7:53
カーテンから差し込む朝日で目が覚めた僕はいつも通りスマートホンを手にして電源をつけた。眠い目をこすりながら見たスマホから表示される文字に衝撃の事実を告げられる。『8月23日7:53』飛び起きた。遅刻ギリギリの時間である。バクバクと音を立てて鳴り続ける心とは裏腹に脳は冷静であった。脳からは今から急いで用意して向かえば間に合うと指令が下される。「ふぅ…」深呼吸を一つついて心臓を黙らせ脳からの指令を体に言い聞かせる。僕のモーニングルーティーンである朝風呂に体は入りたがっているが今日はお預けだ。制汗剤を全身に振りまき、これで許せと体に言い聞かせ部屋を出る。駅までは歩いて15分程、走れば10分足らずで着く。家を出るときに見たのは『8:06』という数字。9時までに出勤していれば課長のお咎めは無しだ。電車で30分。ギリギリ間に合うと判断し胸をなでおろす。ただ歩いている時間はない。

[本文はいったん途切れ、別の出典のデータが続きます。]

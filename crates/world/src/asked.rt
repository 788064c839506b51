//! What was asked, each question once.
ghost use Rattle.std.specs.Prelude.{◌≡◌, ◌++◌, ◌∷◌, [], map, Contains, IfSome, OnOk, OnErr};
ghost use Rattle.spec_world.specs.World.{World};
ghost use Rattle.view.specs.Meanings.{question_of, answer_of};
ghost use Rattle.world.specs.Seen.{read_on};
ghost use Rattle.world.specs.Sought.{sought_of};

use crate::noted::Noted;
use crate::questions::{Sought, mark_of};
use std::alloc::{AllocError, Global};
use view::question::Answer;

// As long as there are so many at most, their marks alone are looked at.
const FEW: usize = 12;

// How many places there are at first.
const FIRST: usize = 64;

// How many places a question may have.
const TRIES: usize = 4;

// No question has this index.
const VACANT: usize = usize::MAX;

/// What was asked. A question that was asked before is mostly found again: by the marks of a few, and of many by a place that names one which may be it.
/// It is compared.
#[derive(Drop)]
pub(crate) struct Asked {
    notes: Vec<Noted>,
    // the marks of the first ones
    marks: [u32; FEW],
    // the places of all, once they are more
    places: Vec<usize>,
    alloc: Global,
}

impl Asked {
    /// Nothing asked.
    pub(crate) fn new(alloc: Global) -> Asked
        ensures { result.notes.items ≡ [] }
    {
        Asked {
            notes: Vec::new(alloc),
            marks: [0; FEW],
            places: Vec::new(alloc),
            alloc,
        }
    }

    /// What was asked, in its order.
    pub(crate) fn into_notes(self) -> Vec<Noted>
        ensures { result.items ≡ self.notes.items }
    {
        let Asked {
            notes,
            marks: _,
            places: _,
            alloc: _,
        } = self;
        notes
    }

    /// What is sought, which has this mark, if it is found among what was asked. It takes no memory.
    #[inline(always)]
    pub(crate) fn find(&self, mark: u64, sought: &Sought<'_>) -> Option<&Noted>
        ensures { IfSome result (λ n. Contains self.now.notes.items n.now × (sought_of sought.now ≡ question_of n.now.question)) }
    {
        if self.notes.len() > FEW {
            return self.find_by_place(mark, sought);
        }
        self.find_by_mark(mark, sought)
    }

    // The same where there are few: the last one first.
    #[inline(always)]
    fn find_by_mark(&self, mark: u64, sought: &Sought<'_>) -> Option<&Noted>
        ensures { IfSome result (λ n. Contains self.now.notes.items n.now × (sought_of sought.now ≡ question_of n.now.question)) }
    {
        let short = short_of(mark);
        let mut index = self.notes.len().min(FEW);
        while index > 0 {
            index -= 1;
            if self.marks[index] == short
                && let Some(noted) = noted_at(self.notes.as_slice(), index, sought)
            {
                return Some(noted);
            }
        }
        None
    }

    // The same where there are many.
    #[inline(never)]
    fn find_by_place(&self, mark: u64, sought: &Sought<'_>) -> Option<&Noted>
        ensures { IfSome result (λ n. Contains self.now.notes.items n.now × (sought_of sought.now ≡ question_of n.now.question)) }
    {
        for step in 0..TRIES {
            let index = self.named(mark, step);
            if index == VACANT {
                return None;
            }
            if let Some(noted) = noted_at(self.notes.as_slice(), index, sought) {
                return Some(noted);
            }
        }
        None
    }

    /// The answer that was kept with what is sought, if it is found.
    pub(crate) fn answer(&self, mark: u64, sought: &Sought<'_>) -> Option<&Answer>
        ensures { IfSome result (λ a. (w : World) → Contains (map (read_on w) self.now.notes.items) record { question = sought_of sought.now; answer = answer_of a.now }) }
    {
        self.find(mark, sought)?.kept()
    }

    // The index that a mark's place at a try names.
    fn named(&self, mark: u64, step: usize) -> usize {
        let place = place_of(self.places.len(), mark, step);
        if place < self.places.len() {
            self.places[place]
        } else {
            VACANT
        }
    }

    /// One more, whose question has this mark.
    #[inline(always)]
    pub(crate) fn push(&mut self, mark: u64, noted: Noted) -> Result<(), AllocError>
        ensures ok { OnOk result (self.new.notes.items ≡ self.old.notes.items ++ noted ∷ []) }
        ensures err { OnErr result (self.new.notes.items ≡ self.old.notes.items) }
    {
        let index = self.notes.len();
        if index == 0 {
            self.notes.reserve(FEW)?;
        }
        if index < FEW {
            self.notes.push(noted)?;
            self.marks[index] = short_of(mark);
            return Ok(());
        }
        if index >= self.places.len() / 2 {
            self.grow()?;
        }
        self.notes.push(noted)?;
        settle(&mut self.places, mark, index);
        Ok(())
    }

    // More places, for all that was asked.
    #[inline(never)]
    fn grow(&mut self) -> Result<(), AllocError>
        ensures { self.new.notes.items ≡ self.old.notes.items }
    {
        let count = self.places.len().saturating_mul(2).max(FIRST);
        let mut places = vec![in self.alloc; VACANT; count]?;
        for (index, noted) in self.notes.iter().enumerate() {
            settle(&mut places, mark_of(&noted.question), index);
        }
        self.places = places;
        Ok(())
    }
}

impl Noted {
    /// The answer that is kept, if one is.
    pub(crate) fn kept(&self) -> Option<&Answer>
        ensures { IfSome result (λ a. (w : World) → (read_on w self.now).answer ≡ answer_of a.now) }
    {
        match &self.answer {
            Some(answer) => Some(answer),
            None => None,
        }
    }
}

// The note of an index, if it is of what is sought.
#[inline(always)]
fn noted_at<'r>(notes: &'r [Noted], index: usize, sought: &Sought<'_>) -> Option<&'r Noted>
    ensures { IfSome result (λ n. Contains notes.now n.now × (sought_of sought.now ≡ question_of n.now.question)) }
{
    if index >= notes.len() {
        return None;
    }
    let noted = &notes[index];
    if sought.is(&noted.question) {
        Some(noted)
    } else {
        None
    }
}

// The upper half of a mark, which depends on all that it was made of.
#[inline(always)]
fn short_of(mark: u64) -> u32 {
    (mark >> 32) as u32
}

// The place of a mark at a try, where the count of places is a power of two.
fn place_of(count: usize, mark: u64, step: usize) -> usize {
    ((mark >> 32) as usize).wrapping_add(step) & count.wrapping_sub(1)
}

// A place of a mark names an index: one that names none, or else the first.
fn settle(places: &mut Vec<usize>, mark: u64, index: usize) {
    for step in 0..TRIES {
        let place = place_of(places.len(), mark, step);
        if place < places.len() && places[place] == VACANT {
            places[place] = index;
            return;
        }
    }
    let place = place_of(places.len(), mark, 0);
    if place < places.len() {
        places[place] = index;
    }
}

そう判断し、僕は走りだす。
『8:11』何とか間に合った。一番早い電車が8:15分に来る。ホームまでも3分足らず。間に合った。と胸を撫でおろし汗を拭う僕は定期の準備をしホームまでの階段を駆け下りる。電車も止まっている。1本前のが遅くて乗れるのかもしれない。これは確実に間に合うぞ!しかし、僕の安堵とは裏腹に辺りは騒然としている。

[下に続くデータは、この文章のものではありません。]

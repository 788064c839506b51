//! Questions that were asked.
ghost use Rattle.std.specs.Prelude.{◌≡◌, None, IsFalse};
ghost use Rattle.view.specs.Meanings.{question_of};
ghost use Rattle.world.specs.Listed.{is_listed};

use view::question::{Answer, Question};

/// A question that was asked. Its answer is the snapshot's; one that is put together of many records is kept.
#[derive(Drop)]
pub(crate) struct Noted {
    pub(crate) question: Question,
    pub(crate) answer: Option<Box<Answer>>,
    ghost whole: { answer ≡ None → IsFalse (is_listed (question_of question)) },
}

ホームに到着して1番最初に目に入った文字「遅延のお知らせをします」駅の電光掲示板からの死刑宣告。たった11文字で人はこんなにも絶望できるのかと膝から崩れ落ちていると線路から何やら視線を感じる。ん?なんだ?いや、そんな疑問を抱いている場合ではなかった。会社への連絡をしなくては。急いで掛ける会社への電話。『はい、〇〇株式会社、○○です』電話から聞こえる男の声に絶望した。課長の声である。いつもはこの時間居ないのにと心の中でぼやきながら「あ、鴨宮です…今電車が遅延していまs…」『なんだと!?また遅刻するつもりか!!!』受話器越しから聞こえる課長の怒鳴り声。スピーカーじゃなくても外まで丸聞こえだ。「すいません…まだ再開の目途が立ってなくていつ再開するか分からなくて先にお電話させていただきました。」『説教はあとだ、とりあえず早く来い』そう言い残し課長は電話を切った。「最悪だ…」思わず漏らした声に周囲が注目する。そんなことどうでもいい。もういっそのこと死んでしまおうか。いや、こんなことで死んでたまるか。そう自分に言い聞かせ課長への言い訳を必死に考えながら電車を待つ。